Every line of the records counts; transcribe each one exactly.

__SUPPLIED DATA__
=== Section Start ===
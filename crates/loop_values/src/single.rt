//! Indexes of one value, which together have one instance. They are bound in place, since a copy of
//! the bindings of all 256 letters would cost more.
ghost use Rattle.std.specs.Prelude.{◌≡◌, ◌≤◌, ◌∷◌, ◌++◌, [], List, All, IfOk, IfSome, OnOk, length, slice_set, take};
ghost use Rattle.m_ast.specs.declared.header.Index.{Index};
ghost use Rattle.loop_values.specs.Headers as spec;
ghost use Rattle.loop_values.specs.Values.{index_values};
ghost use Rattle.loop_values.specs.inner.Singles.{unbound};

use crate::values::{index_count, index_values};
use m_ast::Index;
use m_places::Name;
use std::alloc::{AllocError, Global};
use std::mem::replace;

/// The number of indexes at the start that have one value each. Takes no memory.
pub fn single_count(indexes: &[Index]) -> usize
    ensures within { result ≤ length indexes.now }
    ensures single { All spec.IsSingle (take result indexes.now) }
{
    let mut count = 0;
    for index in indexes {
        if index_count(index) != 1 {
            return count;
        }
        count += 1;
    }
    count
}

/// Binds the letter of each of these indexes to its only value, and returns the previous bindings
/// in the order of the indexes. The instances of any further indexes are then those of all. The
/// only error is out of memory.
pub fn bind_singles(
    alloc: Global,
    letters: &mut [Option<Name>],
    indexes: &[Index],
) -> Result<Vec<Option<Name>>, AllocError>
    requires letters { length letters.old ≡ 256 }
    requires single { All spec.IsSingle indexes.now }
    ensures letters { OnOk result (length letters.new ≡ 256) }
    ensures instances { OnOk result ((rest : List Index) → spec.instances (indexes.now ++ rest) letters.old ≡ spec.instances rest letters.new) }
    ensures as_many { IfOk result (λ outer. length outer.items ≡ length indexes.now) }
    ensures outer { IfOk result (λ outer. unbound indexes.now outer.items letters.new ≡ letters.old) }
{
    let mut outer = Vec::with_capacity(alloc, indexes.len())?;
    for index in indexes {
        let value = only_value(alloc, index)?;
        outer.push(replace(&mut letters[index.letter as usize], Some(value)))?;
    }
    Ok(outer)
}

/// Restores the previous bindings, from the last index to the first. Takes no memory.
pub fn put_back(letters: &mut [Option<Name>], indexes: &[Index], outer: Vec<Option<Name>>)
    requires letters { length letters.old ≡ 256 }
    requires as_many { length outer.items ≡ length indexes.now }
    ensures { letters.new ≡ unbound indexes.now outer.items letters.old }
{
    let mut outer = outer;
    let mut left = indexes.len();
    while left > 0 {
        left -= 1;
        match outer.pop() {
            Some(value) => put(letters, indexes[left].letter, value),
            None => unreachable!(),
        }
    }
}

fn put(letters: &mut [Option<Name>], letter: u8, value: Option<Name>)
    requires { length letters.old ≡ 256 }
    ensures { letters.new ≡ slice_set letters.old letter value }
{
    letters[letter as usize] = value;
}

/// The value of an index that has one. The only error is out of memory.
pub fn only_value(alloc: Global, index: &Index) -> Result<Name, AllocError>
    requires { spec.IsSingle index.now }
    ensures { IfOk result (λ value. index_values index.now ≡ value ∷ []) }
{
    match point(index) {
        Some(value) => value.copy(alloc),
        None => last_value(alloc, index),
    }
}

// The value of an index that is written as one point.
fn point(index: &Index) -> Option<&Name>
    ensures { IfSome result (λ value. index_values index.now ≡ value.now ∷ []) }
{
    match index.values.as_slice() {
        [span] => match &span.to {
            None => Some(&span.from),
            Some(_) => None,
        },
        _ => None,
    }
}

// The value of an index that has one, in any notation.
fn last_value(alloc: Global, index: &Index) -> Result<Name, AllocError>
    requires { spec.IsSingle index.now }
    ensures { IfOk result (λ value. index_values index.now ≡ value ∷ []) }
{
    let mut values = index_values(alloc, index)?;
    match values.pop() {
        Some(value) => Ok(value),
        None => unreachable!(),
    }
}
=== Section End ===
__SOLUTION FOR THIS TASK__
filename crates/loop_values/src/single.rt
//! Indexes of one value, which together have one instance. They are bound in place, since a copy of
//! the bindings of all 256 letters would cost more.
ghost use Rattle.std.specs.Prelude.{◌≡◌, ◌≤◌, ◌∷◌, ◌++◌, [], List, All, IfOk, IfSome, OnOk, length, slice_set, take};
ghost use Rattle.m_ast.specs.declared.header.Index.{Index};
ghost use Rattle.loop_values.specs.Headers as spec;
ghost use Rattle.loop_values.specs.Values.{index_values};
ghost use Rattle.loop_values.specs.inner.Singles.{unbound};

use crate::values::{index_count, index_values};
use m_ast::Index;
use m_places::Name;
use std::alloc::{AllocError, Global};
use std::mem::replace;

/// The number of indexes at the start that have one value each. Takes no memory.
pub fn single_count(indexes: &[Index]) -> usize
    ensures within { result ≤ length indexes.now }
    ensures single { All spec.IsSingle (take result indexes.now) }
{
    let mut count = 0;
    for index in indexes {
        if index_count(index) != 1 {
            return count;
        }
        count += 1;
    }
    count
}

/// Binds the letter of each of these indexes to its only value, and returns the previous bindings
/// in the order of the indexes. The instances of any further indexes are then those of all. The
/// only error is out of memory.
pub fn bind_singles(
    alloc: Global,
    letters: &mut [Option<Name>],
    indexes: &[Index],
) -> Result<Vec<Option<Name>>, AllocError>
    requires letters { length letters.old ≡ 256 }
    requires single { All spec.IsSingle indexes.now }
    ensures letters { OnOk result (length letters.new ≡ 256) }
    ensures instances { OnOk result ((rest : List Index) → spec.instances (indexes.now ++ rest) letters.old ≡ spec.instances rest letters.new) }
    ensures as_many { IfOk result (λ outer. length outer.items ≡ length indexes.now) }
    ensures outer { IfOk result (λ outer. unbound indexes.now outer.items letters.new ≡ letters.old) }
{
    let mut outer = Vec::with_capacity(alloc, indexes.len())?;
    for index in indexes {
        let value = only_value(alloc, index)?;
        outer.push(replace(&mut letters[index.letter as usize], Some(value)))?;
    }
    Ok(outer)
}

/// Restores the previous bindings, from the last index to the first. Takes no memory.
pub fn put_back(letters: &mut [Option<Name>], indexes: &[Index], outer: Vec<Option<Name>>)
    requires letters { length letters.old ≡ 256 }
    requires as_many { length outer.items ≡ length indexes.now }
    ensures { letters.new ≡ unbound indexes.now outer.items letters.old }
{
    let mut outer = outer;
    let mut left = indexes.len();
    while left > 0 {
        left -= 1;
        match outer.pop() {
            Some(value) => put(letters, indexes[left].letter, value),
            None => unreachable!(),
        }
    }
}

fn put(letters: &mut [Option<Name>], letter: u8, value: Option<Name>)
    requires { length letters.old ≡ 256 }
    ensures { letters.new ≡ slice_set letters.old letter value }
{
    letters[letter as usize] = value;
}

/// The value of an index that has one. The only error is out of memory.
pub fn only_value(alloc: Global, index: &Index) -> Result<Name, AllocError>
    requires { spec.IsSingle index.now }
    ensures { IfOk result (λ value. index_values index.now ≡ value ∷ []) }
{
    match point(index) {
        Some(value) => value.copy(alloc),
        None => last_value(alloc, index),
    }
}

// The value of an index that is written as one point.
fn point(index: &Index) -> Option<&Name>
    ensures { IfSome result (λ value. index_values index.now ≡ value.now ∷ []) }
{
    match index.values.as_slice() {
        [span] => match &span.to {
            None => Some(&span.from),
            Some(_) => None,
        },
        _ => None,
    }
}

// The value of an index that has one, in any notation.
fn last_value(alloc: Global, index: &Index) -> Result<Name, AllocError>
    requires { spec.IsSingle index.now }
    ensures { IfOk result (λ value. index_values index.now ≡ value ∷ []) }
{
    let mut values = index_values(alloc, index)?;
    match values.pop() {
        Some(value) => Ok(value),
        None => unreachable!(),
    }
}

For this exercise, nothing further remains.